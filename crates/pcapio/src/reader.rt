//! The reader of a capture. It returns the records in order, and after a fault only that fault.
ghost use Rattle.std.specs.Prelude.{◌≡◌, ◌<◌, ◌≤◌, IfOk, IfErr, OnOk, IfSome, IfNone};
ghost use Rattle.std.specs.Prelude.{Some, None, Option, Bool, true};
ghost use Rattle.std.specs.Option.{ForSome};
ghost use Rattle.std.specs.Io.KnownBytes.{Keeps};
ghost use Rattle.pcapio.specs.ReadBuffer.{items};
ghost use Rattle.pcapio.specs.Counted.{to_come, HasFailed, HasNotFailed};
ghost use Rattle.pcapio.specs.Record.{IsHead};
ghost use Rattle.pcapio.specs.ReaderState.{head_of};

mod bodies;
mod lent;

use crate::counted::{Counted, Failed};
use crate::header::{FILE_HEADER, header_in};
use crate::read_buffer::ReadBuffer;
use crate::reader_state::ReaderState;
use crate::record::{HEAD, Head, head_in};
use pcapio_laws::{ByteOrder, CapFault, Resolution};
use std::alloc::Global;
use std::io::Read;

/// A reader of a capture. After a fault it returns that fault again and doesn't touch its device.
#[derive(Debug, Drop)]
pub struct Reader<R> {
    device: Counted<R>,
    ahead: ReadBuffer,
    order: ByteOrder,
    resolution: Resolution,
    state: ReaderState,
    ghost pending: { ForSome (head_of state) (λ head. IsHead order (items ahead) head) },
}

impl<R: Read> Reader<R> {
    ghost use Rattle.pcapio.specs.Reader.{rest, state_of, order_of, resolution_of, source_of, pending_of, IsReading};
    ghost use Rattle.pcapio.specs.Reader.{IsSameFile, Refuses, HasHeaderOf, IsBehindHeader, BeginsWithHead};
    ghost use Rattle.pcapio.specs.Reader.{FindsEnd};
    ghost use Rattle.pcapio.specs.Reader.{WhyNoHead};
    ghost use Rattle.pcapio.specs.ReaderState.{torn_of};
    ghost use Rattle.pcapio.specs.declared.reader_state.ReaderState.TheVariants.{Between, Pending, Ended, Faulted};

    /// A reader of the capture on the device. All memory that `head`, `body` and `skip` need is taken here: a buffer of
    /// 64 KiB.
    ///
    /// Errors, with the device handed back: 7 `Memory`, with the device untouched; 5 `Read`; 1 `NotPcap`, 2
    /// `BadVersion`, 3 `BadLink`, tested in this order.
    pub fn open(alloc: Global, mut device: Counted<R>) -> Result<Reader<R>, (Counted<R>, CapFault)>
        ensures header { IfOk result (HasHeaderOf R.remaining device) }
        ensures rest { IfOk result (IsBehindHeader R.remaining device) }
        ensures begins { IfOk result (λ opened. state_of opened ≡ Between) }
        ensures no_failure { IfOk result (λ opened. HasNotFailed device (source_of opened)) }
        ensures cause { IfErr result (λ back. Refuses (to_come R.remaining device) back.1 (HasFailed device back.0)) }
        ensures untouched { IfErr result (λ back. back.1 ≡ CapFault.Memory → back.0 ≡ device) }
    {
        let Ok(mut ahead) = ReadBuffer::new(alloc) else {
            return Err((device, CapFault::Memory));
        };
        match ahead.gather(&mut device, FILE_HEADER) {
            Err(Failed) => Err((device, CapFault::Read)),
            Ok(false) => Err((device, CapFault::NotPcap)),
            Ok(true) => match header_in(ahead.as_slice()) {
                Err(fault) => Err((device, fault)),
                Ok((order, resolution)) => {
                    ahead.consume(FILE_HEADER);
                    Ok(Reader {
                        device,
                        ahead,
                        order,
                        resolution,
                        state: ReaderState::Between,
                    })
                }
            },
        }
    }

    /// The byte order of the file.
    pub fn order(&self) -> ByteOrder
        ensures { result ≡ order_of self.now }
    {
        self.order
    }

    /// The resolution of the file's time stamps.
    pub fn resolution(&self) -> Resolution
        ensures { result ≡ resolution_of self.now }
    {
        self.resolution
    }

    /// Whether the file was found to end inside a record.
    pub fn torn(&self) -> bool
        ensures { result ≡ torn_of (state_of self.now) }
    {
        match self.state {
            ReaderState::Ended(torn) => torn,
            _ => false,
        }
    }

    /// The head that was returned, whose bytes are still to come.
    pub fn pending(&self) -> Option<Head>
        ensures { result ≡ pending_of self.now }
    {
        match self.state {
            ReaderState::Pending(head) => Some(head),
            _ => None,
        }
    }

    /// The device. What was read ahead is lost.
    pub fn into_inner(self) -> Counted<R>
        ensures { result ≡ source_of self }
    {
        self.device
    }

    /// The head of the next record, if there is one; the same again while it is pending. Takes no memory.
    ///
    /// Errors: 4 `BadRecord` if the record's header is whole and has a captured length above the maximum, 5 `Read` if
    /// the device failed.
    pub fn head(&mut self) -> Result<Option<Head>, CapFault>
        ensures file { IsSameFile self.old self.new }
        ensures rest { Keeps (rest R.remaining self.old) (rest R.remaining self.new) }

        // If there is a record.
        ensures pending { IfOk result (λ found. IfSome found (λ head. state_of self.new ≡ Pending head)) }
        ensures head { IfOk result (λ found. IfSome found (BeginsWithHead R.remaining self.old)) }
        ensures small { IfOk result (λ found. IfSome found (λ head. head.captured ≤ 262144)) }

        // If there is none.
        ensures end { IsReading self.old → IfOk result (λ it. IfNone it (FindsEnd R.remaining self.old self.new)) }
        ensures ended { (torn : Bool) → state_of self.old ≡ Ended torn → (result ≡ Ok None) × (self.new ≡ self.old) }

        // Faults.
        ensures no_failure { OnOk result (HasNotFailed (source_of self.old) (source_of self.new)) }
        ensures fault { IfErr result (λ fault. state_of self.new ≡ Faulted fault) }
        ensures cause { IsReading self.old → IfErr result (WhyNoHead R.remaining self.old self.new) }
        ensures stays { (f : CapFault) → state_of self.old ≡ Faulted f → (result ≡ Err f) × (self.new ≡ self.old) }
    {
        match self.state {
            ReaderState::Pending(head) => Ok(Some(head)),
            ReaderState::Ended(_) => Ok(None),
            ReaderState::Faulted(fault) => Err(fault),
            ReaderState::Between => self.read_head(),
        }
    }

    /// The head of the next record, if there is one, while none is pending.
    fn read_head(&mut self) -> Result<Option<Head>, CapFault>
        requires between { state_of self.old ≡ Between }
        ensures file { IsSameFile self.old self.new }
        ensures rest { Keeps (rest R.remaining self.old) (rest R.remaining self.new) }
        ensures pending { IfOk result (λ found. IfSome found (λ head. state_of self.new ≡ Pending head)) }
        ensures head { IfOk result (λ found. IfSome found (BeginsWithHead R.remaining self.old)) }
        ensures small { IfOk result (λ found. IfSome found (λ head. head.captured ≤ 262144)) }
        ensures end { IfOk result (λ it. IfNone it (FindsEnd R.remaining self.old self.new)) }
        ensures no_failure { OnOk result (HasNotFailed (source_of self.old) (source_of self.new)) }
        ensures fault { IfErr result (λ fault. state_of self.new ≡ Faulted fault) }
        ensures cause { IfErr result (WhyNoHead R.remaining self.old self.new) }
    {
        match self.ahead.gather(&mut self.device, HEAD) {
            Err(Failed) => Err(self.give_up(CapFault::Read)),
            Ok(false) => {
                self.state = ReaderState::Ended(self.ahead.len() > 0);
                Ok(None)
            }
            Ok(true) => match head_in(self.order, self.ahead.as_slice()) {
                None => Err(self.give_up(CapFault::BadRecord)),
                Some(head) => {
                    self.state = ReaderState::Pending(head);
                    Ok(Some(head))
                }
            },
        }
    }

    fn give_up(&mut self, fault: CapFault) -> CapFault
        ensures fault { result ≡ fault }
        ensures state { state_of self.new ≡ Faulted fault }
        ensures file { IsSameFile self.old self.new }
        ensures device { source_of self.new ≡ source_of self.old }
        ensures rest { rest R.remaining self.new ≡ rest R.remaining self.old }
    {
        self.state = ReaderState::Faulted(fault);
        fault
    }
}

=-=-=-=-=

#### TASK ITEM:
Where does the string "ForSome" occur in the data above? Copy every line that holds it.

#### OUTPUT FOR THIS TASK:
ghost use Rattle.std.specs.Option.{ForSome};
    ghost pending: { ForSome (head_of state) (λ head. IsHead order (items ahead) head) },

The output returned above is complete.